Anonymous Monk has asked for the wisdom of the Perl Monks concerning the following question:

Hello Monks, I'm just learning perl and regular expressions. Hopefully someone can help me out. I have a multi-line string that is semi-colon terminated. For example:
$_ = "10001 LONG RECORD\n BEGIN RECORD A, CODE B, TABLE C END \n NEXT\n STANDARD DATA 1 BEGIN CODE A, RECORD B END NEXT\n SHORT RECORD BEGIN TABLE B END NEXT\n STANDARD DATA 2 BEGIN CODE C, RECORD D, FILE END;";
I need to extract the data between each /BEGIN/ and /END/ from the string. The amount of sub-data records are variable but always given by a NEXT.

I'm thinking of writing a loop to match each group of expressions. But how do I count the amount of NEXT's in the string? Also how do I get the next set of /BEGIN/ /END/ expressions?

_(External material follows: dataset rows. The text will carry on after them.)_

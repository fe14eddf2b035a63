ghost use Rattle.std.specs.Prelude.{◌≡◌, ◌↔◌, true, [], IsTrue, IfOk, OnOk, OnErr};
ghost use Rattle.std.specs.Option.{option_copied};
ghost use Rattle.mk_bytes.specs.Paths.{is_clean_directory};
ghost use Rattle.mk_scopes.specs.Scopes as spec;
ghost use Rattle.mk_scopes.specs.Tables.{all_assigned};

use crate::table::Table;
use mk_bytes::{NoMemory, Pairs, Text};
use std::alloc::Global;
use std::marker::Model;

/// What a process is given: the variables of its environment, of which the last of a name counts,
/// its current directory, and the name by which make was called.
#[derive(Drop)]
pub struct Env {
    pub vars: Pairs,
    pub cwd: Text,
    pub program: Text,
}

/// The classes that are assigned to. The command line's variables stand above the global ones.
#[derive(Clone, Copy, PartialEq, Eq)]
pub enum Class {
    Global,
    Command,
}

/// All variables of a run. Contracts see three tables, each the list of its names and values, each
/// name once, whether the environment stands above the globals, and the directory.
#[derive(Drop)]
pub struct Scopes {
    env: Table,
    globals: Table,
    commands: Table,
    env_first: bool,
    cwd: Text,
}

impl Model for Scopes {
    ghost use Rattle.std.specs.Prelude.{IsTrue};
    ghost use Rattle.mk_bytes.specs.Paths.{is_clean_directory};
    ghost use Rattle.mk_scopes.specs.Scopes.{Variables};

    ghost Value = { Variables };

    ghost view = { λ s. record {
      env = s.env;
      globals = s.globals;
      commands = s.commands;
      env_first = s.env_first;
      cwd = s.cwd;
    } };

    ghost invariant = { λ s. IsTrue (is_clean_directory s.cwd) };
}

fn table_of(alloc: Global, vars: &Pairs) -> Result<Table, NoMemory>
    ensures { IfOk result (λ table. table ≡ all_assigned [] vars.now) }
{
    let mut table = Table::new(alloc);
    for var in vars.as_slice() {
        table.assign(var.name.bytes(), var.value.bytes())?;
    }
    Ok(table)
}

fn first_globals(alloc: Global, cwd: &[u8], program: &[u8]) -> Result<Table, NoMemory>
    ensures { IfOk result (λ table. table ≡ spec.first_globals cwd.now program.now) }
{
    let mut table = Table::new(alloc);
    table.assign(b".CURDIR", cwd)?;
    table.assign(b".newline", b"\n")?;
    table.assign(b"MAKE", program)?;
    Ok(table)
}

impl Scopes {
    /// The variables of the environment, with the globals `.CURDIR`, `.newline` and `MAKE`, the
    /// name by which make was called. With `env_first` the environment stands above the globals
    /// (make(1), `-e`).
    pub fn new(alloc: Global, env: &Env, env_first: bool) -> Result<Scopes, NoMemory>
        requires { IsTrue (is_clean_directory env.now.cwd) }
        ensures { IfOk result (λ scopes. scopes ≡ spec.first_scopes env.now env_first) }
    {
        let cwd = env.cwd.copy(alloc)?;
        let globals = first_globals(alloc, cwd.bytes(), env.program.bytes())?;
        Ok(Scopes {
            env: table_of(alloc, &env.vars)?,
            globals,
            commands: Table::new(alloc),
            env_first,
            cwd,
        })
    }

    /// The directory of every command, against which all paths are cleaned. It is absolute and
    /// clean, whatever `.CURDIR` is set to. Takes no memory.
    pub fn cwd(&self) -> &[u8]
        ensures value { result.now ≡ self.now.cwd }
        ensures clean { IsTrue (is_clean_directory self.now.cwd) }
    {
        self.cwd.bytes()
    }

    /// The value of a variable as it was assigned: the command line's, else the first of the
    /// globals and the environment that has the name. `None` exactly where no class has it.
    /// Takes no memory.
    pub fn get(&self, name: &[u8]) -> Option<&Text>
        ensures { option_copied result ≡ spec.raw_value self.now name.now }
    {
        if let Some(value) = self.commands.get(name) {
            return Some(value);
        }
        let (first, second) = if self.env_first {
            (&self.env, &self.globals)
        } else {
            (&self.globals, &self.env)
        };
        if let Some(value) = first.get(name) {
            return Some(value);
        }
        second.get(name)
    }

    /// Gives a variable of a class this value. A global of a name that the command line has set is
    /// left as it is.
    pub fn assign(&mut self, class: Class, name: &[u8], value: &[u8]) -> Result<(), NoMemory>
        ensures ok { OnOk result (self.new ≡ spec.assigned_in self.old class name.now value.now) }
        ensures err { OnErr result (self.new ≡ self.old) }
    {
        match class {
            Class::Command => self.commands.assign(name, value),
            Class::Global => {
                if self.commands.get(name).is_some() {
                    return Ok(());
                }
                self.globals.assign(name, value)
            }
        }
    }

    /// Appends to a variable of a class, after one space. A name without a value in the class first
    /// takes the environment's; where there is none it is set. A global of a name that the command
    /// line has set is appended to all the same, below the command line's value. It costs what it
    /// appends (make(1), `+=`).
    pub fn append(&mut self, class: Class, name: &[u8], value: &[u8]) -> Result<(), NoMemory>
        ensures ok { OnOk result (self.new ≡ spec.appended_in self.old class name.now value.now) }
        ensures err { OnErr result (self.new ≡ self.old) }
    {
        match class {
            Class::Command => self.commands.append(name, value, &self.env),
            Class::Global => self.globals.append(name, value, &self.env),
        }
    }

    /// Whether these are the same variables with the same values, each class in the same order, in
    /// the same directory. Takes no memory.
    pub fn is_same(&self, other: &Scopes) -> bool
        ensures { (result ≡ true) ↔ (self.now ≡ other.now) }
    {
        self.env_first == other.env_first
            && self.cwd.bytes() == other.cwd.bytes()
            && self.commands.is_same(&other.commands)
            && self.globals.is_same(&other.globals)
            && self.env.is_same(&other.env)
    }

    /// Takes the global of a name away, if there is one; the command line's variable and the
    /// environment's stay. Takes no memory (make(1), `.undef`).
    pub fn undef(&mut self, name: &[u8])
        ensures { self.new ≡ spec.without_global self.old name.now }
    {
        self.globals.remove(name);
    }
}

Final Regex question: I have the following in $1 = "CODE C, RECORD D, FILE";

How do I separate the 1st item from the the second, between comas. I.E. I want to have "CODE RECORD FILE" in one Array and "C D" in another. I thought the following would work:

(@recordSource, @recordType) = split(/\s/, split(/,/, $1));

But I only get a number in @recordSource.

Any tips or suggestions would be appreciated! Maybe I need a different approach?

Replies are listed 'Best First'.
Re: Multiple RegEx Matches in a single string
by broquaint (Abbot) on May 14, 2003 at 15:09 UTC
    Assuming your BEGIN and END aren't nested
    use strict; use Data::Dumper; $_ = "10001 LONG RECORD\n BEGIN RECORD A, CODE B, TABLE C END \n NEXT\n STANDARD DATA 1 BEGIN CODE A, RECORD B END NEXT\n SHORT RECORD BEGIN TABLE B END NEXT\n STANDARD DATA 2 BEGIN CODE C, RECORD D, FILE END;"; my(@records) = m< \bBEGIN\b \s+ (.*?) \s+ \bEND\b >gx; print Dumper(\@records); __output__ $VAR1 = [ 'RECORD A, CODE B, TABLE C', 'CODE A, RECORD B', 'TABLE B', 'CODE C, RECORD D, FILE' ];
    As for your final question - firstly @recordSource was slurping in all the arguments returned from the split and secondly split won't work how you expect it to (unfortunately) so consort the docs. Here's what you want (although I'm using an array of arrays of arrays as that seems to map to your data better)
    HTH

    _________
    broquaint

      Nice presentation. But, depending on the details of the language being parsed, you may need to add an "s" modifier to that regex ... otherwise, BEGIN/END won't be recognized if it spans a newline.

          -- Chip Salzenberg, Free-Floating Agent of Chaos

Re: Multiple RegEx Matches in a single string
by Fletch (Bishop) on May 14, 2003 at 15:27 UTC

    Insert quote about hammers and everything looking like nails here

    This is on the border of where you need to stop trying to use just regexen and write a proper parser (either by hand rolling your own or using something like Parse::RecDescent).